Concrete’s hard surface lacks comfort, so mattresses are a must. Some concrete beds have surfaces pre-formed with contours to improve comfort. Fire-retardant mattresses and platform pads are recommended. Concrete’s weight and permanence also limit flexibility in moving or reconfiguring beds. These beds are best suited for high-security units housing the most dangerous inmates.

Bunk vs Single Beds


When considering bunk beds versus single beds, there are several factors to weigh. Bunk beds allow more inmates to be housed in a small cell, maximizing limited space. However, bunk beds have some drawbacks.

There is an increased fall risk with inmates climbing up and down from the upper bunk. Bunk beds also have more connection points and hardware between the two levels that could potentially fail or break over time. The upper bunk can be used by inmates to more easily hide contraband out of sight. It is harder for staff to monitor two inmates housed at different levels in the same bunk bed. Restraining inmates is also more challenging when they are housed in an upper bunk.

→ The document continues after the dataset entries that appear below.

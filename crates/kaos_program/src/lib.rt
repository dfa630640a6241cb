//! Answers whether the links of a goal model hold, with evidence, which goals are true on the traces of a model, and what could obstruct a
//! goal: the program hands its words, a source and a sink to `run`, whose clause says what is answered.
#![tactic(auto)]

mod answer;
mod asking;
mod check;
mod command;
mod law;
mod options;
mod reading;
mod refusal_text;
mod regression;
mod regression_text;
mod running;
mod status;
mod truths;
mod truths_text;

pub use law::{law_of_answers, law_of_words};
pub use running::{Outcome, run};
pub use status::Status;
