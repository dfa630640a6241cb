//! The lines that say why a text is refused, or a goal that is asked for: one line each, for whoever edits the text, with the
//! place of a byte, from 0, or the number of a statement, from 1. Their bytes are changed here, in
//! specs/RefusalTexts.antt and in docs/LANGUAGE.md.

ghost use Rattle.std.specs.Prelude.{◌≡◌, ◌++◌, codes, decimal, IfOk};
ghost use Rattle.kaos_program.specs.RefusalTexts.{no_goal as no_goal_of, limit_name as limit_name_of, kind_name as kind_name_of, text_refusal as text_refusal_of, statement_refusal as statement_refusal_of, model_refusal as model_refusal_of};

use goal_model::RefusalKind;
use model_text::{LimitKind, TextRefusal};
use source_sink::{Memory, put, put_decimal};
use state_space::Name;
use std::alloc::Global;

fn limit_name(kind: LimitKind) -> &'static [u8]
    ensures { result.now ≡ limit_name_of kind }
{
    match kind {
        LimitKind::Operators => b"Operators",
        LimitKind::Statements => b"Statements",
        LimitKind::Links => b"Links",
        LimitKind::Parts => b"Parts",
        LimitKind::NameLength => b"NameLength",
        LimitKind::Number => b"Number",
        LimitKind::Bound => b"Bound",
        LimitKind::Depth => b"Depth",
    }
}

// A line with the place of a byte at its end.
fn place_line(alloc: Global, front: &[u8], at: u64) -> Result<Vec<u8>, Memory>
    ensures { IfOk result (λ line. line.items ≡ front.now ++ decimal at ++ codes "\n") }
{
    let mut line = Vec::new(alloc);
    put(&mut line, front)?;
    put_decimal(&mut line, at)?;
    put(&mut line, b"\n")?;
    Ok(line)
}

fn limit_line(alloc: Global, kind: LimitKind) -> Result<Vec<u8>, Memory>
    ensures { IfOk result (λ line. line.items ≡ codes "refused: limit " ++ limit_name_of kind ++ codes "\n") }
{
    let mut line = Vec::new(alloc);
    put(&mut line, b"refused: limit ")?;
    put(&mut line, limit_name(kind))?;
    put(&mut line, b"\n")?;
    Ok(line)
}

/// The line for a text that has no statements. Want of memory is no such cause, and comes back as an error.
pub(crate) fn text_refusal(alloc: Global, refusal: TextRefusal) -> Result<Vec<u8>, Memory>
    ensures line { IfOk result (λ line. line.items ≡ text_refusal_of refusal) }
    ensures cause { IfOk result (λ line. refusal ≡ TextRefusal.Memory → ⊥) }
{
    match refusal {
        TextRefusal::BadByte(at) => place_line(alloc, b"refused: bad byte at ", at),
        TextRefusal::Limit(kind) => limit_line(alloc, kind),
        TextRefusal::Syntax(at) => place_line(alloc, b"refused: syntax at byte ", at),
        TextRefusal::Memory => Err(Memory),
    }
}

fn kind_name(kind: RefusalKind) -> &'static [u8]
    ensures { result.now ≡ kind_name_of kind }
{
    match kind {
        RefusalKind::DuplicateName => b"DuplicateName",
        RefusalKind::UnknownName => b"UnknownName",
        RefusalKind::WrongKind => b"WrongKind",
        RefusalKind::BadValue => b"BadValue",
        RefusalKind::BadRange => b"BadRange",
        RefusalKind::LongName => b"LongName",
        RefusalKind::TooManyVars => b"TooManyVars",
        RefusalKind::TooWide => b"TooWide",
        RefusalKind::NotState => b"NotState",
        RefusalKind::TwoControllers => b"TwoControllers",
        RefusalKind::Cycle => b"Cycle",
        RefusalKind::TooLarge => b"TooLarge",
    }
}

// The line for a statement, by its number from 1 and the words for what is wrong with it.
fn statement_refusal(alloc: Global, number: u32, words: &[u8]) -> Result<Vec<u8>, Memory>
    ensures { IfOk result (λ line. line.items ≡ statement_refusal_of number words.now) }
{
    let mut line = Vec::new(alloc);
    put(&mut line, b"refused: statement ")?;
    put_decimal(&mut line, number as u64)?;
    put(&mut line, b": ")?;
    put(&mut line, words)?;
    put(&mut line, b"\n")?;
    Ok(line)
}

/// The line for statements that make no model: what is wrong with one, its number from 1, and the name at which it is wrong.
pub(crate) fn model_refusal(
    alloc: Global,
    kind: RefusalKind,
    statement: u32,
    name: &Name,
) -> Result<Vec<u8>, Memory>
    ensures { IfOk result (λ line. line.items ≡ model_refusal_of kind statement name.now) }
{
    let mut words = Vec::new(alloc);
    put(&mut words, kind_name(kind))?;
    put(&mut words, b" ")?;
    put(&mut words, name.bytes())?;
    statement_refusal(alloc, statement, &words)
}

/// The line for a goal that the words name and the model has not.
pub(crate) fn no_goal(alloc: Global, name: &str) -> Result<Vec<u8>, Memory>
    ensures { IfOk result (λ line. line.items ≡ no_goal_of name.now) }
{
    let mut line = Vec::new(alloc);
    put(&mut line, b"refused: no goal ")?;
    put(&mut line, name.as_bytes())?;
    put(&mut line, b"\n")?;
    Ok(line)
}
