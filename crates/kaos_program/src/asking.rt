//! What is asked of a model, in the order of the report: the demands of its links on traces, each with the pattern that decides it if one
//! does, and of each assignment whether the agent covers the goal, which is answered here.

ghost use Rattle.std.specs.Prelude.{◌≡◌, ◌<◌, ◌≤◌, ℕ, All, map, length, slice_index_or, IfOk, OnOk};
ghost use Rattle.std.specs.List.{AllZip};
ghost use Rattle.goal_model.specs.ModelViews.{model_of};
ghost use Rattle.goal_model.specs.Items.{no_link};
ghost use Rattle.goal_model.specs.Models.{link_of};
ghost use Rattle.verdict_report.specs.Reports.{named_for as named_for_form, link_questions, questions_of};
ghost use Rattle.kaos_program.specs.Asking.{IsAsked, Poses, PosesMore, AsksMore, IsAssignmentOf};

use agent_capabilities::{Cover, coverage};
use goal_model::{
    Demand, Label, LabelKind, Link, Model, PatternKind, domain_demand, link_demands, link_items,
};
use pattern_library::are_instance;
use source_sink::Memory;
use std::alloc::Global;

/// What an entry of the report answers.
#[derive(Drop)]
pub(crate) enum Asked {
    /// A demand that its own list decides.
    Demand(Demand),
    /// A demand that a pattern decides, since it is that of an instance.
    Instance(Demand, PatternKind),
    /// An assignment, and what its agent lacks for the goal.
    Assignment(Label, Cover),
}

// The pattern that a refinement names, for whether it is complete.
fn named_for(link: &Link, kind: LabelKind) -> Option<PatternKind>
    ensures { result ≡ named_for_form (link_of link.now) kind }
{
    match (link, kind) {
        (Link::Refine { pattern, .. }, LabelKind::Complete) => *pattern,
        _ => None,
    }
}

// A demand, with the pattern that is named for it if that decides it.
fn posed(
    alloc: Global,
    model: &Model,
    named: Option<PatternKind>,
    demand: Demand,
) -> Result<Asked, Memory>
    requires { length (model_of model.now).domains ≤ length demand.list.items }
    ensures { IfOk result (Poses (model_of model.now) named demand) }
{
    let Some(kind) = named else {
        return Ok(Asked::Demand(demand));
    };
    if are_instance(alloc, kind, &demand.list[model.domains().len()..])? {
        Ok(Asked::Instance(demand, kind))
    } else {
        Ok(Asked::Demand(demand))
    }
}

// The demands of a link are asked.
fn push_demands(
    alloc: Global,
    asked: &mut Vec<Asked>,
    model: &Model,
    link: &Link,
    demands: Vec<Demand>,
) -> Result<(), Memory>
    requires { All (λ d. length (model_of model.now).domains ≤ length d.list.items) demands.items }
    ensures { OnOk result (PosesMore (model_of model.now) (link_of link.now) demands.items asked.old.items asked.new.items) }
{
    'demands: for demand in demands {
        let named = named_for(link, demand.label.kind);
        asked.push(posed(alloc, model, named, demand)?)?;
    }
    Ok(())
}

// The assignment of a goal to an agent is asked, which is the link at a place.
fn push_assignment(
    alloc: Global,
    asked: &mut Vec<Asked>,
    model: &Model,
    link: usize,
    goal: usize,
    agent: usize,
) -> Result<(), Memory>
    requires link { link < length (model_of model.now).links }
    requires assignment { IsAssignmentOf goal agent (slice_index_or (model_of model.now).links link no_link) }
    requires goal { goal < length (model_of model.now).goals }
    requires agent { agent < length (model_of model.now).agents }
    ensures { OnOk result (AsksMore (model_of model.now) (link_questions (model_of model.now) link (slice_index_or (model_of model.now).links link no_link)) asked.old.items asked.new.items) }
{
    let cover = coverage(model, goal, agent);
    'items: for item in link_items(alloc, model, link)? {
        asked.push(Asked::Assignment(item.label, cover))?;
    }
    Ok(())
}

// The questions of the link at a place are asked.
fn push_link(
    alloc: Global,
    asked: &mut Vec<Asked>,
    model: &Model,
    link: usize,
) -> Result<(), Memory>
    requires link { link < length (model_of model.now).links }
    ensures { OnOk result (AsksMore (model_of model.now) (link_questions (model_of model.now) link (slice_index_or (model_of model.now).links link no_link)) asked.old.items asked.new.items) }
{
    let named = &model.links()[link];
    match named {
        Link::Assign { goal, agent, .. } => {
            push_assignment(alloc, asked, model, link, *goal, *agent)
        }
        _ => {
            let demands = link_demands(alloc, model, link)?;
            push_demands(alloc, asked, model, named, demands)
        }
    }
}

/// All that is asked of a model.
pub(crate) fn all_asked(alloc: Global, model: &Model) -> Result<Vec<Asked>, Memory>
    ensures { IfOk result (λ v. AllZip (IsAsked (model_of model.now)) (questions_of (model_of model.now)) v.items) }
{
    let mut asked = Vec::new(alloc);
    asked.push(Asked::Demand(domain_demand(alloc, model)?))?;
    'links: for link in 0..model.links().len() {
        push_link(alloc, &mut asked, model, link)?;
    }
    Ok(asked)
}
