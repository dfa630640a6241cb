//! The words behind the program's name: the word of a command, and its options. A further option is a variant of `Given` and a field of
//! `Options` here, and is spelled in specs/Commands.antt.

ghost use Rattle.std.specs.Prelude.{◌≡◌, ◌<◌, ◌≤◌, map, length, IfSome, MatchOption, option_map, string_bytes};
ghost use Rattle.std.specs.List.{list_all};
ghost use Rattle.std.specs.Char.{is_ascii_digit};
ghost use Rattle.kaos_program.specs.Commands.{AreWords, AreOtherWords};
ghost use Rattle.kaos_program.specs.Options.{command_form, option_form, options_form, is_number, number_named as number_of_word, form_named, option_of, first_option, with_option, given_by, check_of, regress_of};

use crate::command::Command;
use source_sink::value_up_to;
use verdict_report::Form;

/// The budget of a demand where no words give another.
const BUDGET: u32 = 20_000;

/// The greatest budget.
const MOST_BUDGET: u64 = 200_000;

/// The depth of a regression where no words give another.
const DEPTH: u8 = 3;

/// The greatest depth.
const MOST_DEPTH: u64 = 6;

// An option, with its value.
#[derive(Clone, Copy)]
enum Given<'w> {
    Budget(u32),
    Form(Form),
    Goal(&'w str),
    Depth(u8),
}

// What options have given so far.
#[derive(Clone, Copy)]
struct Options<'w> {
    budget: Option<u32>,
    form: Option<Form>,
    goal: Option<&'w str>,
    depth: Option<u8>,
}

// Whether all bytes of a value are digits.
fn are_digits(value: &[u8]) -> bool
    ensures { result ≡ list_all is_ascii_digit value.now }
{
    value.iter().all(|byte| byte.is_ascii_digit())
}

// Whether a value is 1 to 6 digits.
fn is_number(value: &[u8]) -> bool
    ensures { result ≡ is_number value.now }
{
    (1..=6).contains(&value.len()) && are_digits(value)
}

// The number from 1 to the most that a value is.
fn number_named(value: &str, most: u64) -> Option<u64>
    requires { most ≤ MOST_BUDGET }
    ensures number { result ≡ number_of_word most value.now }
    ensures most { IfSome result (λ number. number ≤ most) }
{
    if !is_number(value.as_bytes()) {
        return None;
    }
    let number = value_up_to(value.as_bytes(), most + 1);
    if (1..=most).contains(&number) {
        Some(number)
    } else {
        None
    }
}

// The form that a value is.
fn form_named(value: &str) -> Option<Form>
    ensures { result ≡ form_named value.now }
{
    match value {
        "full" => Some(Form::Full),
        "brief" => Some(Form::Brief),
        "lines" => Some(Form::Lines),
        _ => None,
    }
}

// The option of a name with a value.
fn option_of<'w>(name: &str, value: &'w str) -> Option<Given<'w>>
    ensures { option_map option_form result ≡ option_of name.now value.now }
{
    match name {
        "--budget" => Some(Given::Budget(number_named(value, MOST_BUDGET)? as u32)),
        "--form" => Some(Given::Form(form_named(value)?)),
        "--goal" => Some(Given::Goal(value)),
        "--depth" => Some(Given::Depth(number_named(value, MOST_DEPTH)? as u8)),
        _ => None,
    }
}

// The option that words begin with, and the words behind it.
fn first_option<'w>(words: &'w [String]) -> Option<(Given<'w>, &'w [String])>
    ensures read { option_map (λ r. (option_form r.0, map string_bytes r.1.now)) result
        ≡ first_option (map string_bytes words.now) }
    ensures fewer { IfSome result (λ r. length r.1.now < length words.now) }
{
    let (word, behind) = words.split_first()?;
    match word.split_once('=') {
        Some((name, value)) => Some((option_of(name, value)?, behind)),
        None => {
            let (value, behind) = behind.split_first()?;
            Some((option_of(word, value)?, behind))
        }
    }
}

impl<'w> Options<'w> {
    // These options and one more, which was not given before.
    fn with(self, given: Given<'w>) -> Option<Options<'w>>
        ensures { option_map options_form result ≡ with_option (options_form self.entry) (option_form given.entry) }
    {
        let mut more = self;
        match given {
            Given::Budget(nodes) if self.budget.is_none() => more.budget = Some(nodes),
            Given::Form(form) if self.form.is_none() => more.form = Some(form),
            Given::Goal(name) if self.goal.is_none() => more.goal = Some(name),
            Given::Depth(levels) if self.depth.is_none() => more.depth = Some(levels),
            _ => return None,
        }
        Some(more)
    }

    // The check that is asked for.
    fn check(self) -> Option<Command<'w>>
        ensures { option_map command_form result ≡ check_of (options_form self.entry) }
    {
        if self.goal.is_some() || self.depth.is_some() {
            return None;
        }
        Some(Command::Check {
            budget: self.budget.unwrap_or(BUDGET),
            form: self.form.unwrap_or(Form::Full),
        })
    }

    // The regression that is asked for.
    fn regress(self) -> Option<Command<'w>>
        ensures { option_map command_form result ≡ regress_of (options_form self.entry) }
    {
        if self.form.is_some() {
            return None;
        }
        Some(Command::Regress {
            goal: self.goal?,
            depth: self.depth.unwrap_or(DEPTH),
            budget: self.budget.unwrap_or(BUDGET),
        })
    }
}

// What words give that spell options.
fn options_of<'w>(words: &'w [String]) -> Option<Options<'w>>
    ensures { option_map options_form result ≡ given_by (map string_bytes words.now) }
{
    let mut options = Options {
        budget: None,
        form: None,
        goal: None,
        depth: None,
    };
    let mut rest = words;
    'words: while !rest.is_empty() {
        let (given, behind) = first_option(rest)?;
        options = options.with(given)?;
        rest = behind;
    }
    Some(options)
}

/// The command of the words behind the program's name; none where they are those of no command.
pub(crate) fn command_of<'w>(words: &'w [String]) -> Option<Command<'w>>
    ensures { MatchOption result (AreOtherWords words.now) (λ command. AreWords words.now (command_form command)) }
{
    let (first, rest) = words.split_first()?;
    match first.as_str() {
        "check" => options_of(rest)?.check(),
        "regress" => options_of(rest)?.regress(),
        "trace" if rest.is_empty() => Some(Command::Trace),
        _ => None,
    }
}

If space allows, single beds may be preferable in terms of visibility and safety for both inmates and staff. Some facilities try to get the space efficiency of bunks by using stacked single beds, with one bed mounted on an elevated frame above the other. This provides two levels but with separate and distinct sleeping surfaces. The choice between bunks versus single beds depends on cell dimensions, regulations, and the overall security level of the facility. The goal is to maximize safety and monitoring capability within the physical constraints of each cell.

Key Buying Considerations

No matter what type of prison bed you choose, keep these key factors in mind.

  • Durability: Withstands constant use and cleaning without failing
  • Tamper-resistant: Features like seamless construction and secure anchoring
  • Comfort: Mattress quality affects restfulness and inmate health
  • Safety: Rounded corners, no exposed hardware, and support for restraints
  • Cost: Budget determines options; consider long-term value over the lowest price

Prisoner Input


While safety and security must be top priorities in a correctional facility, allowing inmates some controlled input into minor furnishings like bedspreads can foster dignity and personal responsibility. Simple choices over small comforts may improve morale and behavior without sacrificing order. However, input should have limits and oversight to prevent abuses. Overall, as long as larger facility operations and restrictions are maintained, small inmate input into limited furnishings seems reasonable and even beneficial, both for humane conditions and for encouraging personal growth.

Carefully evaluating the options using these criteria will help you select high-quality Murphy beds tailored to the security level of the facility. Investing in the right beds, such as Murphy beds, saves money over time and improves safety for both inmates and staff. Focusing on prudent construction, security features, comfort, and compliance ensures the purchase decision won’t be overturned.